鍔迫り合いのように、巨大化した剣身と魔獣の牙の押し合いの状態に。
少しでも力を抜けば、そのまま押し潰されてしまうだろう。一瞬も気が抜けない、ギリギリの状態。
『ヴヴヴヴがギギギヴ……!!』
「くぅっ……ううぅ……!」
【大地剣】を獲得して辛うじて突進をしのぐことができたけど、それでも状況はこちらが不利。
ヒカルの気力強化がどんどん弱まっていくのを感じる。もうすぐ効果が切れる時間なんだろう。
さらに私の気力ももう残り少ない。もうこれ以上能力値の強化はできない。
それに対して、この魔獣は魔力もスタミナも十分すぎるほど残っている。
ダメージもさほど受けていない。さっきの火炎剣と伸魔刃の合わせ技も魔獣の体格を考えると致命傷には程遠いだろう。

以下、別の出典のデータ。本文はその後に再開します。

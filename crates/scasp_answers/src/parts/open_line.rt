//! Parts of a tree, and the lines that are open around them.
ghost use Rattle.std.specs.Prelude.{◌≡◌, true};
ghost use Rattle.scasp_answers_terms.specs.Tokens.Bounds.{line_fits};
ghost use Rattle.scasp_answers_lines.specs.Forms.View.{line_of};

use scasp_answers_lines::Line;
use scasp_cert::{Case, Cover, Node};

/// What stands right below a line.
#[derive(Drop)]
pub enum Part {
    Node(Node),
    /// A rule under a negated literal, with its case.
    Cover(Cover),
    Case(Case),
}

/// A line below which others may still stand, with the parts right below it so far.
#[derive(Drop)]
pub struct Open {
    pub line: Line,
    pub parts: Vec<Part>,
    ghost fits: { line_fits (line_of line) ≡ true },
}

このままじゃジリ貧だ。こっちの気力と魔力が尽きた時点で押し負ける。
その前に、勝負に出るべきだ。
残りの気力を全て使って瞬間的に筋力を強化して、押し切――
『ヴァヴォァァァアア!!』
「うぅ…!?」
いけない、こっちより先に魔獣の方が【気功纏】を使って能力値を強化してきた。
まずい、まずい。すぐに気力強化を、ダメだ、押し負ける……!
『ピピッ!』
「! ……ヒヨコ? なにを……!?」
急にヒヨコが私の肩に乗ってきて、それと同時に体中に力が漲ってくるのを感じた。
そうか、気力強化は自分だけじゃなくて、他人に対しても使える。
ヒヨコが、自分の気力を使って私の能力値を強化してくれたんだ。
「……ヒヨコ、ありがとう。このまま、押し切る!」
『ヴァガギィィイイイ!?』
不利な状況から、一気にこちらの方の力が上回った。
困惑したような叫び声を上げながら踏ん張る魔獣。いい加減倒れてほしい。
『ゲ、ゲ、ゲヴォォア!!』
っ!
最初に放ってきた消化液!?
だめだ、力を抜けないこの状況じゃ避けられない!
魔法で迎撃、いや、もう魔力も残り少ない。
迎撃した時点で魔力不足に陥って、そのまま押し負けてしまう。
……なら、溶かされながらでも押し切ってやる!
「アルマさん! 自分が防ぐっす!!」
レイナが叫びながらクナイを投影して、さらに巨大化させて盾代わりに構えた。
消化液のかかったクナイがみるみる溶けていく。
『ヴォヴッ! ヴォェ! ヴォゲヴォァ!!』
「この、ゲーゲー吐き過ぎっすよ! 二日酔いかなんかっすか!?」
悪態を吐きながら、さらにクナイを創り出して防ぎ続けるレイナ。
クナイを創るたびに魔力が大幅に減っていくのが分かる。そう何度も防げる状態じゃない。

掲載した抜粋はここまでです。